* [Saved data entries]
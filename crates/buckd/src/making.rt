// How a row is made: the acts of its plan, one after the other, up to the first file that has no right bytes.
ghost use Rattle.mat_tree.specs.Trees.{is_placed};
ghost use Rattle.std.specs.Prelude.{◌≡◌, ◌++◌, if◌then◌else◌, [], ℕ, List, Some, false, true, IfOk, OnOk};
ghost use Rattle.std.specs.List.{list_all};
ghost use Rattle.std.specs.Option.{is_some};
ghost use Rattle.mat_io.specs.Causes.{risen};
ghost use Rattle.mat_path.specs.Names.{is_path, is_prefix};
ghost use Rattle.mat_tree.specs.Parts.{HasTree, below, file, with_node};
ghost use Rattle.mat_model.specs.declared.entries.Outcome.TheVariants as outcome;
ghost use Rattle.fetch_port.specs.Memory.{blobs_of, store_asks};
ghost use Rattle.region_port.specs.Calls.{with_path};
ghost use Rattle.region_port.specs.Disks.{disk_content, disk_loans, disk_rough};
ghost use Rattle.region_port.specs.Memory.{part_of, rough_of};
ghost use Rattle.write_plan.specs.Carried.{carry, carry_one};
ghost use Rattle.buckd.specs.Brought.{Brings};
ghost use Rattle.buckd.specs.Making.{IsAtHand, act_failure, acts_done, asked_by, asks_after, bytes_or_none, fetch_failure, file_failure, fits, given, held_bytes, is_store, is_supplied, is_supply, is_write, left_by, make_acts, no_nodes, outcome_of, rough_after, rough_by, shown_by, supplied, with_nodes};

use fetch_port::{Fetched, Fetcher, MemStore};
use mat_digest::Digest;
use mat_io::Did;
use mat_model::Outcome;
use mat_path::{Memory, Path, Rel};
use mat_tree::Tree;
use region_port::{Disk, MemDisk, MemRegion, Region};
use std::alloc::Global;
use write_plan::{Act, Method, Supply, plan};

/// The bytes that a store gave for a digest, or how they failed.
enum Brought {
    Bytes(Vec<u8>),
    Failure(Outcome),
}

/// That a call on a region did its work. A region in memory fails only where it was armed, and none is here.
fn done(did: Did) -> Result<(), Memory>
    ensures { OnOk result (did ≡ Did.Done) }
{
    match did {
        Did::Done => Ok(()),
        Did::Failed => Err(Memory),
        Did::NoMemory => Err(Memory),
    }
}

/// Bytes that a store gave for a digest, or that they have another one.
fn checked(wanted: Digest, bytes: Vec<u8>) -> Brought
    ensures { Brings (Some bytes.items) wanted result }
{
    let found = Digest::of(bytes.as_slice());
    if found == wanted {
        return Brought::Bytes(bytes);
    }
    Brought::Failure(Outcome::Corrupt { wanted, found })
}

/// The bytes that a store gives for a digest. A store in memory fails only where it was armed, and none is here.
fn fetch(store: &mut MemStore, wanted: Digest) -> Result<Brought, Memory>
    ensures brings { IfOk result (λ brought. Brings (given (blobs_of store.old) wanted) wanted brought) }
    ensures blobs { blobs_of store.new ≡ blobs_of store.old }
    ensures asks { store_asks store.new ≡ risen (store_asks store.old) }
{
    match store.fetch(&wanted) {
        Fetched::Bytes(bytes) => Ok(checked(wanted, bytes.into_vec())),
        Fetched::Absent => Ok(Brought::Failure(Outcome::Missing(wanted))),
        Fetched::Failed => Err(Memory),
        Fetched::NoMemory => Err(Memory),
    }
}

/// Puts the file of a digest whose bytes the store has.
fn put_fetched(
    region: &mut MemRegion,
    store: &mut MemStore,
    rel: &Rel,
    digest: Digest,
    exec: bool,
) -> Result<Option<Outcome>, Memory>
    requires { is_path (region.old.place ++ rel.now) ≡ true }
    ensures place { region.new.place ≡ region.old.place }
    ensures blobs { blobs_of store.new ≡ blobs_of store.old }
    ensures asks { OnOk result (store_asks store.new ≡ risen (store_asks store.old)) }
    ensures failure { IfOk result (λ failure. failure ≡ fetch_failure digest (given (blobs_of store.old) digest)) }
    ensures part { IfOk result (λ failure. part_of region.new ≡ (if is_some failure then part_of region.old
        else with_node rel.now (file (bytes_or_none (given (blobs_of store.old) digest)) exec) (part_of region.old))) }
    ensures rough { IfOk result (λ failure. rough_of region.new ≡ (if is_some failure then rough_of region.old
        else with_path region.old.place (rough_of region.old))) }
{
    match fetch(store, digest)? {
        Brought::Bytes(bytes) => {
            done(region.put_file(rel, exec, bytes.as_slice()))?;
            Ok(None)
        }
        Brought::Failure(failure) => Ok(Some(failure)),
    }
}

/// The bytes that a row holds.
fn held_bytes(method: &Method) -> &[u8]
    ensures { result.now ≡ held_bytes method.now }
{
    match method {
        Method::Write(bytes) => bytes.as_slice(),
        Method::Fetch => b"",
        Method::Copy { .. } => b"",
    }
}

/// Puts a file, from where its bytes come.
fn put_supplied(
    region: &mut MemRegion,
    store: &mut MemStore,
    method: &Method,
    rel: &Rel,
    digest: Digest,
    exec: bool,
    from: &Supply,
) -> Result<Option<Outcome>, Memory>
    requires path { is_path (region.old.place ++ rel.now) ≡ true }
    requires supplied { is_supply method.now digest from.now ≡ true }
    ensures place { region.new.place ≡ region.old.place }
    ensures blobs { blobs_of store.new ≡ blobs_of store.old }
    ensures asks { OnOk result (store_asks store.new ≡ (if is_store from.now then risen (store_asks store.old) else (store_asks store.old))) }
    ensures failure { IfOk result (λ failure. failure ≡ file_failure (blobs_of store.old) digest from.now) }
    ensures part { IfOk result (λ failure. part_of region.new ≡ (if is_some failure then part_of region.old
        else with_node rel.now (file (supplied (blobs_of store.old) method.now digest) exec) (part_of region.old))) }
    ensures rough { IfOk result (λ failure. rough_of region.new ≡ (if is_some failure then rough_of region.old
        else with_path region.old.place (rough_of region.old))) }
{
    match from {
        Supply::Empty => done(region.put_file(rel, exec, b""))?,
        Supply::Held => done(region.put_file(rel, exec, held_bytes(method)))?,
        Supply::Store => return put_fetched(region, store, rel, digest, exec),
        Supply::Loan(_) => unreachable!(),
    }
    Ok(None)
}

/// Carries out an act, and says how it failed, if it did.
fn put_act(
    region: &mut MemRegion,
    store: &mut MemStore,
    method: &Method,
    act: &Act,
) -> Result<Option<Outcome>, Memory>
    requires fits { fits region.old.place act.now ≡ true }
    requires supplied { is_supplied method.now act.now ≡ true }
    ensures place { region.new.place ≡ region.old.place }
    ensures blobs { blobs_of store.new ≡ blobs_of store.old }
    ensures asks { OnOk result (store_asks store.new ≡ asked_by act.now (store_asks store.old)) }
    ensures failure { IfOk result (λ failure. failure ≡ act_failure (blobs_of store.old) act.now) }
    ensures part { IfOk result (λ failure. part_of region.new ≡ (if is_some failure then part_of region.old
        else carry_one (supplied (blobs_of store.old) method.now) act.now (part_of region.old))) }
    ensures rough { IfOk result (λ failure. rough_of region.new ≡ (if is_some failure then rough_of region.old
        else rough_by region.old.place act.now (rough_of region.old))) }
{
    match act {
        Act::Wipe => done(region.wipe())?,
        Act::Dir(rel) => done(region.put_dir(rel))?,
        Act::Link(rel, target) => done(region.put_link(rel, target))?,
        Act::File {
            rel,
            digest,
            exec,
            from,
        } => return put_supplied(region, store, method, rel, *digest, *exec, from),
        Act::Sync => done(region.sync())?,
    }
    Ok(None)
}

/// Carries out acts up to the first that fails.
fn carry_out(
    region: &mut MemRegion,
    store: &mut MemStore,
    method: &Method,
    acts: &[Act],
) -> Result<Outcome, Memory>
    requires fits { list_all (fits region.old.place) acts.now ≡ true }
    requires supplied { list_all (is_supplied method.now) acts.now ≡ true }
    ensures place { region.new.place ≡ region.old.place }
    ensures blobs { blobs_of store.new ≡ blobs_of store.old }
    ensures asks { OnOk result (store_asks store.new ≡ asks_after (blobs_of store.old) acts.now (store_asks store.old)) }
    ensures outcome { IfOk result (λ outcome. outcome ≡ outcome_of (blobs_of store.old) acts.now) }
    ensures part { OnOk result (part_of region.new ≡ carry (supplied (blobs_of store.old) method.now)
        (acts_done (blobs_of store.old) acts.now) (part_of region.old)) }
    ensures rough { OnOk result (rough_of region.new ≡ rough_after region.old.place
        (acts_done (blobs_of store.old) acts.now) (rough_of region.old)) }
{
    for act in acts {
        if let Some(failure) = put_act(region, store, method, act)? {
            return Ok(failure);
        }
    }
    Ok(Outcome::Made)
}

/// Makes the disk have a tree at a path, and nothing else at or below it, with the bytes of a row or of the store. Where
/// a file has no right bytes, what was put before stays.
pub fn make_on_disk(
    alloc: Global,
    disk: &mut MemDisk,
    store: &mut MemStore,
    path: &Path,
    tree: &Tree,
    method: &Method,
) -> Result<Outcome, Memory>
    requires free { disk_loans disk.old ≡ [] }
    requires places { list_all (is_placed path.now) tree.now ≡ true }
    requires bytes { IsAtHand method.now tree.now }
    ensures free { disk_loans disk.new ≡ [] }
    ensures blobs { blobs_of store.new ≡ blobs_of store.old }
    ensures asks { OnOk result (store_asks store.new ≡ asks_after (blobs_of store.old) (make_acts (is_write method.now) tree.now) (store_asks store.old)) }
    ensures outcome { IfOk result (λ outcome. outcome ≡ outcome_of (blobs_of store.old) (make_acts (is_write method.now) tree.now)) }
    ensures shown { OnOk result (shown_by (disk_content disk.new) ≡ with_nodes path.now
        (left_by (acts_done (blobs_of store.old) (make_acts (is_write method.now) tree.now)) no_nodes) (shown_by (disk_content disk.old))) }
    ensures holds { IfOk result (λ ended. ended ≡ outcome.Made → HasTree (below path.now (disk_content disk.new)) tree.now) }
    ensures synced { IfOk result (λ ended. ended ≡ outcome.Made → (place : List (List ℕ)) → is_prefix path.now place ≡ true → disk_rough disk.new place ≡ false) }
    ensures elsewhere { OnOk result ((place : List (List ℕ)) → is_prefix path.now place ≡ false → disk_rough disk.new place ≡ disk_rough disk.old place) }
{
    let acts = plan(alloc, tree, method, false)?;
    let mut region = disk.take(path)?;
    let outcome = carry_out(&mut region, store, method, acts.as_slice());
    disk.give(region);
    outcome
}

* [Exercise instructions]
Determine how many lines above contain the string "holds". Give only that number.

* [Task solution]
2